How to fight TB, malaria and AMR to meet the SDGs by 2030

Francis  Okoye, CNS Correspondent, Nigeria
[First published in Nigeria politics magazine]
The current plans to fight and put an end to TB, Malaria and AMR By 2030, thereby meeting the SDG goals, seem to be in doubt, and may not become a reality. Health experts gathered together in a webinar organized by Citizen News Service recently to discuss the issue of ‘Are TB, malaria and anti microbial resistance (AMR) declining fast enough to meet SDGS by 2030?’

Experts who contributed to the discussion included Dr. Lucica Ditiu Executive Director, Stop TB Partnership, Dr Tim France, Team Leader for External Communication, Asia Pacific Leaders’ Malaria Alliance (APLMA) and Managing Director Inis Communications, Dr. Anna Nakanwagi Mukwaya, Country Director-Uganda  for International Union against Tuberculosis and Lung Disease (The Union). The moderatos included Ashok Ramsarup-former Senior Programme Producer at South African Broadcasting corporation (SABC )and Shobka Shukla, Managing Editor, Citizen New Service. Although AMR is posing a serious threat to health security globally and is risking losing gains made in fighting many diseases, it is not even mentioned once in SDGs. But there is no way SDGs can be met unless we eliminate AMR.

It is business as usual

The End TB strategy aims to end the global TB epidemic, with targets to reduce TB deaths by 95% and to cut new cases by 90% between 2015 and 2035. It sets interim milestones for 2020, 2025, and 2030. However, it seems very difficult to realize these objectives as it is still business as usual. Current efforts, the experts said, will not end TB by 2035 but by 2182. For the fight against TB to be successful, we need to have integrated health systems; increased investments for improving socio-economic conditions of people; and patient-driven approaches.

The need to eliminate malaria

Malaria has been a health burden for over 50 years. It is proving to be a huge drain on economy, it keeps children out of school and causes serious health concerns as well as deaths. Added to this is the new risk of drug resistant malaria which has already raised its ugly head. Eliminating malaria should be a priority for governments. There is need for political leadership to implement specific programmes to stop malaria by 2030. The good news is that by 2025 some 50% of the regions that are prone to malaria  will be  malaria free.

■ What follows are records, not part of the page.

//! The nodes of a search in preorder.

ghost use Rattle.std.specs.Prelude.{◌≡◌, ◌++◌, true, false, reverse, IfOk, IfErr, OnOk, MatchOption, Some};
ghost use Rattle.mari_core.specs.Preorder.{IsPreorder, HasPreorder, IsPart, IsTree, IsOpenFault, is_done, part_item, tree_item};
ghost use Rattle.mari_core.specs.Nodes.{child_numbers};

use crate::event::FinishFault;
use crate::node::{Node, NodeState};
use mari_market::{Leaf, PartItem, TreeItem};
use mari_units::Memory;
use std::alloc::{AllocError, Global};

/// Lets the children of a node wait: the closed one is the next.
fn push_children(waiting: &mut Vec<u32>, state: &NodeState) -> Result<(), Memory>
    ensures { OnOk result (waiting.new.items ≡ waiting.old.items ++ reverse (child_numbers state.now)) }
{
    if let NodeState::Branched(closed, opened) = state {
        if let Some(opened) = opened {
            waiting.push(*opened)?;
        }
        waiting.push(*closed)?;
    }
    Ok(())
}

/// The numbers of all nodes in preorder.
pub(crate) fn preorder(alloc: Global, nodes: &[Node]) -> Result<Vec<u32>, Memory>
    requires { HasPreorder nodes.now }
    ensures { IfOk result (λ v. IsPreorder nodes.now v.items) }
{
    let mut order = Vec::new(alloc);
    let mut waiting = Vec::new(alloc);
    waiting.push(0)?;
    while let Some(node) = waiting.pop() {
        order.push(node)?;
        push_children(&mut waiting, nodes[node as usize].state())?;
    }
    Ok(order)
}

/// The item of a part of the search tree for a node in this state.
fn part_item(state: &NodeState) -> PartItem
    ensures { result ≡ part_item (Some state.now) }
{
    match state {
        NodeState::Branched(_, _) => PartItem::Branch,
        NodeState::Closed(_, _) => PartItem::Closed,
        NodeState::Untaken | NodeState::Taken(_) => PartItem::Pending,
    }
}

/// The items of a part of the search tree, in preorder.
pub(crate) fn part_items(alloc: Global, nodes: &[Node]) -> Result<Vec<PartItem>, Memory>
    requires { HasPreorder nodes.now }
    ensures { IfOk result (λ v. IsPart nodes.now v.items) }
{
    let order = preorder(alloc, nodes)?;
    let mut items = Vec::with_capacity(alloc, order.len())?;
    for node in &order {
        items.push(part_item(nodes[*node as usize].state()))?;
    }
    Ok(items)
}

/// A copy of a certificate.
fn copy_of(leaf: &Leaf) -> Result<Leaf, AllocError>
    ensures { IfOk result (λ copy. copy ≡ leaf.now) }
{
    leaf.clone()
}

/// A copy of the item of a certificate tree for a node in this state, if it is branched or closed.
fn tree_item(state: &NodeState) -> Result<Option<TreeItem>, Memory>
    ensures { IfOk result
        (λ o. MatchOption o (is_done (Some state.now) ≡ false) (λ item. (is_done (Some state.now) ≡ true) × (item ≡ tree_item (Some state.now)))) }
{
    match state {
        NodeState::Branched(_, _) => Ok(Some(TreeItem::Branch)),
        NodeState::Closed(leaf, _) => Ok(Some(TreeItem::Leaf(copy_of(leaf)?))),
        NodeState::Untaken | NodeState::Taken(_) => Ok(None),
    }
}

/// The items of a certificate tree, in preorder, which are copies.
pub(crate) fn finished_items(alloc: Global, nodes: &[Node]) -> Result<Vec<TreeItem>, FinishFault>
    requires { HasPreorder nodes.now }
    ensures tree { IfOk result (λ v. IsTree nodes.now v.items) }
    ensures not_closed { IfErr result (IsOpenFault nodes.now) }
{
    let order = preorder(alloc, nodes)?;
    let mut items = Vec::with_capacity(alloc, order.len())?;
    for node in &order {
        let Some(item) = tree_item(nodes[*node as usize].state())? else {
            return Err(FinishFault::NotClosed(*node));
        };
        items.push(item)?;
    }
    Ok(items)
}
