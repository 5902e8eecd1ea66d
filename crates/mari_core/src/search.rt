//! The search machine.

ghost use Rattle.std.specs.Prelude.{◌≡◌, ◌≢◌, ◌<◌, ◌≤◌, pos, ◌∷◌, [], true, map, length, replicate, slice_get, IfSome, IfOk, IfErr, MatchOption};
ghost use Rattle.std.specs.Option.{option_map};
ghost use Rattle.mari_market.specs.Clearing.{IsOptimalClearing, IsSpent, ArePartsOfSearch, IsBudget};
ghost use Rattle.mari_market.specs.Finding.{IsAttained};
ghost use Rattle.mari_market.specs.Market.{IsValid};
ghost use Rattle.mari_market.specs.Prefix.{word_of, IsFeasiblePrefix};
ghost use Rattle.mari_market.specs.Relaxation.{IsClosedWelfare};
ghost use Rattle.mari_market.specs.SearchTree.{IsLarger};
ghost use Rattle.mari_core.specs.Growth.{NoneWaits, IsLeastUntaken, IsRefusal};
ghost use Rattle.mari_core.specs.Machine.{started, new_actor, seeing, offering, after, refusal, IsProper, KeepsFacts, best_of};
ghost use Rattle.mari_core.specs.declared.event.Event.TheVariants.{Look, Offer, Take, Settle, GiveBack};
ghost use Rattle.mari_core.specs.declared.event.StepFault.TheVariants.{Memory as NoStepMemory};
ghost use Rattle.mari_core.specs.Nodes.{words_of};
ghost use Rattle.mari_core.specs.Preorder.{IsPart, IsPreorder, IsTree, IsOpenFault, shape_of};

use crate::event::{Event, FinishFault, StepFault};
use crate::growth::Growth;
use mari_market::{Attained, Clearing, Finding, Market, PartItem, Prefix};
use mari_units::{Items, Memory};
use std::alloc::Global;
use std::marker::Model;

/// What an actor saw and offered, in quarter-cents, and the best activation that it has.
#[derive(Drop)]
pub struct Actor {
    /// The greatest welfare that it has seen of the incumbent.
    pub seen: u64,
    /// The greatest welfare that it has offered, or the first activation's.
    pub offered: u64,
    /// The activation of that welfare, if it has offered one above the first.
    pub best: Option<Attained>,
}

/// A search by branch and bound: actors look at the incumbent, offer activations, and take and settle the nodes of a
/// tree.
///
/// The incumbent is the greatest welfare that is known, in quarter-cents. Actors and nodes count from 0.
#[derive(Drop)]
pub struct Search<'m> {
    tree: Growth<'m>,
    incumbent: u64,
    actors: Vec<Actor>,
    first: Attained,
}

impl<'m> Model for Search<'m> {
    ghost use Rattle.mari_core.specs.Machine.{Machine, KeepsFacts};

    ghost Value = { Machine };

    ghost view = { λ s. record { tree = s.tree; incumbent = s.incumbent; actors = s.actors.items; first = s.first } };

    ghost invariant = { λ s. KeepsFacts (record { tree = s.tree; incumbent = s.incumbent; actors = s.actors.items; first = s.first }) };
}

/// Actors that saw and offered nothing above this welfare.
fn new_actors(alloc: Global, count: u32, welfare: u64) -> Result<Vec<Actor>, Memory>
    ensures { IfOk result (λ v. v.items ≡ replicate count (new_actor welfare)) }
{
    let mut actors = Vec::new(alloc);
    for _ in 0..count {
        actors.push(Actor {
            seen: welfare,
            offered: welfare,
            best: None,
        })?;
    }
    Ok(actors)
}

/// The best of the first actor that offered the incumbent, or the first activation where none did.
fn best_of(incumbent: u64, first: Attained, actors: Vec<Actor>) -> Attained
    ensures { result ≡ best_of incumbent first actors.items }
{
    for actor in actors {
        if actor.offered == incumbent {
            return actor.best.unwrap_or(first);
        }
    }
    first
}

impl Actor {
    /// It looks at the incumbent.
    fn look(&mut self, incumbent: u64)
        ensures { self.new ≡ seeing incumbent self.old }
    {
        self.seen = incumbent;
    }

    /// It offers an activation, by which the incumbent rises to this one.
    fn offer(&mut self, incumbent: u64, attained: Attained)
        ensures { self.new ≡ offering incumbent attained self.old }
    {
        self.seen = incumbent;
        if self.offered < attained.welfare {
            self.offered = attained.welfare;
            self.best = Some(attained);
        }
    }
}

impl<'m> Search<'m> {
    /// A search whose one node waits, by `actors` actors, that knows `first`, an admissible activation of the closed
    /// welfare.
    pub fn start(
        alloc: Global,
        market: &'m Market,
        actors: u32,
        first: Attained,
        budget: u32,
    ) -> Result<Search<'m>, Memory>
        // A market, somebody to search it, and an admissible activation of its closed welfare.
        requires market { IsValid market.now }
        requires actors { 1 ≤ actors }
        requires attained { IsAttained market.now first }
        requires closed { IsClosedWelfare market.now (pos first.welfare) }
        requires budget { IsBudget budget }

        // One node that waits, and nothing seen or offered above that activation.
        ensures started { IfOk result (λ s. s ≡ started market.now actors first budget) }
        ensures facts { IfOk result KeepsFacts }
    {
        let incumbent = first.welfare;
        let tree = Growth::start(alloc, market, budget)?;
        let actors = new_actors(alloc, actors, incumbent)?;
        Ok(Search {
            tree,
            incumbent,
            actors,
            first,
        })
    }

    /// One step of an actor. After a refusal the search is as before.
    ///
    /// An offer is an admissible activation with its welfare. A finding is one that `mari_node::examine` gives for
    /// that node, and where the node decides every gate and no conflict was found the actor has seen at least its
    /// bound, as after an offer of what was found. No step takes memory.
    pub fn step(&mut self, event: Event) -> Result<(), StepFault>
        requires { IsProper self.old event }
        ensures change { IfOk result (λ _. self.new ≡ after self.old event) }
        ensures same { IfErr result (λ _. self.new ≡ self.old) }
        ensures answer { IsRefusal (refusal self.old event) result }
        ensures memory { IfErr result (λ fault. fault ≢ NoStepMemory) }
        ensures facts { KeepsFacts self.new }
    {
        if event.actor() as usize >= self.actors.len() {
            drop(event);
            return Err(StepFault::NoActor);
        }
        match event {
            Event::Look { actor } => self.look(actor),
            Event::Offer { actor, attained } => self.offer(actor, attained),
            Event::Take { actor, node } => self.take(actor, node),
            Event::Settle {
                actor,
                node,
                finding,
            } => self.settle(actor, node, finding),
            Event::GiveBack { actor, node } => self.give_back(actor, node),
        }
    }

    /// An actor looks at the incumbent.
    fn look(&mut self, actor: u32) -> Result<(), StepFault>
        requires there { actor < length self.old.actors }
        ensures change { IfOk result (λ _. self.new ≡ after self.old (Look actor)) }
        ensures same { IfErr result (λ _. self.new ≡ self.old) }
        ensures answer { IsRefusal (refusal self.old (Look actor)) result }
        ensures memory { IfErr result (λ fault. fault ≢ NoStepMemory) }
        ensures facts { KeepsFacts self.new }
    {
        let by = &mut self.actors[actor as usize];
        by.look(self.incumbent);
        Ok(())
    }

    /// An actor offers an admissible activation.
    fn offer(&mut self, actor: u32, attained: Attained) -> Result<(), StepFault>
        // The actor is there, and what it hands in is true of the market.
        requires there { actor < length self.old.actors }
        requires attained { IsAttained self.old.tree.market attained }

        // What the event changes, or why nothing does; no step takes memory.
        ensures change { IfOk result (λ _. self.new ≡ after self.old (Offer actor attained)) }
        ensures same { IfErr result (λ _. self.new ≡ self.old) }
        ensures answer { IsRefusal (refusal self.old (Offer actor attained)) result }
        ensures memory { IfErr result (λ fault. fault ≢ NoStepMemory) }

        // What every event keeps.
        ensures facts { KeepsFacts self.new }
    {
        self.incumbent = self.incumbent.max(attained.welfare);
        let by = &mut self.actors[actor as usize];
        by.offer(self.incumbent, attained);
        Ok(())
    }

    /// An actor takes a node that waits.
    fn take(&mut self, actor: u32, node: u32) -> Result<(), StepFault>
        requires there { actor < length self.old.actors }
        ensures change { IfOk result (λ _. self.new ≡ after self.old (Take actor node)) }
        ensures same { IfErr result (λ _. self.new ≡ self.old) }
        ensures answer { IsRefusal (refusal self.old (Take actor node)) result }
        ensures memory { IfErr result (λ fault. fault ≢ NoStepMemory) }
        ensures facts { KeepsFacts self.new }
    {
        self.tree.take(actor, node)
    }

    /// An actor settles a node that it has taken, at what it saw of the incumbent.
    fn settle(&mut self, actor: u32, node: u32, finding: Finding) -> Result<(), StepFault>
        // The actor is there, and what it hands in is true of the market.
        requires there { actor < length self.old.actors }
        requires proper { IsProper self.old (Settle actor node finding) }

        // What the event changes, or why nothing does; no step takes memory.
        ensures change { IfOk result (λ _. self.new ≡ after self.old (Settle actor node finding)) }
        ensures same { IfErr result (λ _. self.new ≡ self.old) }
        ensures answer { IsRefusal (refusal self.old (Settle actor node finding)) result }
        ensures memory { IfErr result (λ fault. fault ≢ NoStepMemory) }

        // What every event keeps.
        ensures facts { KeepsFacts self.new }
    {
        let cutoff = self.actors[actor as usize].seen;
        self.tree.settle(actor, node, finding, cutoff)?;
        Ok(())
    }

    /// An actor gives back a node that it has taken.
    fn give_back(&mut self, actor: u32, node: u32) -> Result<(), StepFault>
        requires there { actor < length self.old.actors }
        ensures change { IfOk result (λ _. self.new ≡ after self.old (GiveBack actor node)) }
        ensures same { IfErr result (λ _. self.new ≡ self.old) }
        ensures answer { IsRefusal (refusal self.old (GiveBack actor node)) result }
        ensures memory { IfErr result (λ fault. fault ≢ NoStepMemory) }
        ensures facts { KeepsFacts self.new }
    {
        self.tree.give_back(actor, node)
    }

    /// The least number of a node that waits.
    /// Searches take the node of the greatest bound, by a queue; this one is the machine's own.
    pub fn untaken(&self) -> Option<u32>
        ensures { MatchOption result (NoneWaits self.now.tree.nodes) (IsLeastUntaken self.now.tree.nodes) }
    {
        self.tree.untaken()
    }

    /// The prefix of a node, if there is one of that number.
    pub fn prefix_of(&self, node: u32) -> Option<Prefix>
        ensures word { option_map (λ p. word_of p) result ≡ slice_get (words_of self.now.tree.nodes) node }
        ensures feasible { IfSome result (IsFeasiblePrefix self.now.tree.market) }
    {
        self.tree.prefix_of(node)
    }

    /// What an actor saw of the incumbent, in quarter-cents, if there is one of that number.
    pub fn seen(&self, actor: u32) -> Option<u64>
        ensures { result ≡ option_map (λ a. a.seen) (slice_get self.now.actors actor) }
    {
        if (actor as usize) < self.actors.len() {
            Some(self.actors[actor as usize].seen)
        } else {
            None
        }
    }

    /// Whether some node could not branch within the budget.
    pub fn is_full(&self) -> bool
        ensures full { result ≡ self.now.tree.full }
        ensures larger { result ≡ true → IsLarger self.now.tree.market self.now.tree.budget }
    {
        self.tree.is_full()
    }

    /// The numbers of all nodes in preorder.
    pub fn preorder(&self, alloc: Global) -> Result<Vec<u32>, Memory>
        ensures { IfOk result (λ v. IsPreorder self.now.tree.nodes v.items) }
    {
        self.tree.preorder(alloc)
    }

    /// The nodes in preorder: branched, closed, or neither. Where the search is full they are a part of the search
    /// tree that the budget can't extend.
    pub fn part(&self, alloc: Global) -> Result<Vec<PartItem>, Memory>
        ensures part { IfOk result (λ v. IsPart self.now.tree.nodes v.items) }
        ensures search { IfOk result (λ v. ArePartsOfSearch self.now.tree.market ([] ∷ []) v.items) }
        ensures count { IfOk result (λ v. length v.items ≡ length self.now.tree.nodes) }
        ensures spent { self.now.tree.full ≡ true → IfOk result (λ v. IsSpent self.now.tree.market self.now.tree.budget (record { items = v.items })) }
    {
        self.tree.part(alloc)
    }

    /// An optimal activation and the tree that shows it, where each node is branched or closed. The search is gone
    /// then.
    pub fn finish(self, alloc: Global) -> Result<Clearing, FinishFault>
        // The optimum: the best that any actor had, or what the search started from.
        ensures clearing { IfOk result (λ c. IsOptimalClearing self.entry.tree.market self.entry.tree.budget c) }
        ensures welfare { IfOk result (λ c. c.welfare ≡ self.entry.incumbent) }
        ensures activation { IfOk result (λ c. c.activation ≡ (best_of self.entry.incumbent self.entry.first self.entry.actors).activation) }
        ensures first { self.entry.incumbent ≡ self.entry.first.welfare → IfOk result (λ c. c.activation ≡ self.entry.first.activation) }

        // The tree that shows it.
        ensures tree { IfOk result (λ c. IsTree self.entry.tree.nodes c.tree) }
        ensures search { IfOk result (λ c. ArePartsOfSearch self.entry.tree.market ([] ∷ []) (map shape_of c.tree)) }

        // Why there is none yet.
        ensures not_closed { IfErr result (IsOpenFault self.entry.tree.nodes) }
    {
        let Search {
            tree,
            incumbent,
            actors,
            first,
        } = self;
        let tree = tree.finish(alloc)?;
        let best = best_of(incumbent, first, actors);
        Ok(Clearing {
            activation: best.activation,
            welfare: incumbent,
            tree: Items::of(tree),
        })
    }
}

No meaningful reductions in TB, malaria and AMR

Dr Anna Mukwaya, said that her country, Uganda, is a high burden country for TB and malaria and that HIV is driving TB epidemic in Africa. According to her, in many poor countries, one cannot expect any meaningful reductions in TB and malaria as very often medicine are not available, and health systems are ill equipped to deal with infectious diseases. There is attention on individual diseases but not on strengthening health systems. To reduce incidence of TB, it is important to reduce new HIV infections and provide anti retroviral drugs to all people living with HIV. Rural areas, urban slums and other hard to reach areas, need innovative interventions. Dr Mukwaya said that we need to find men and treat them, as most surveys show that men are often missed by many TB programmes and there is a huge gap between men who come to clinics and those who have the disease.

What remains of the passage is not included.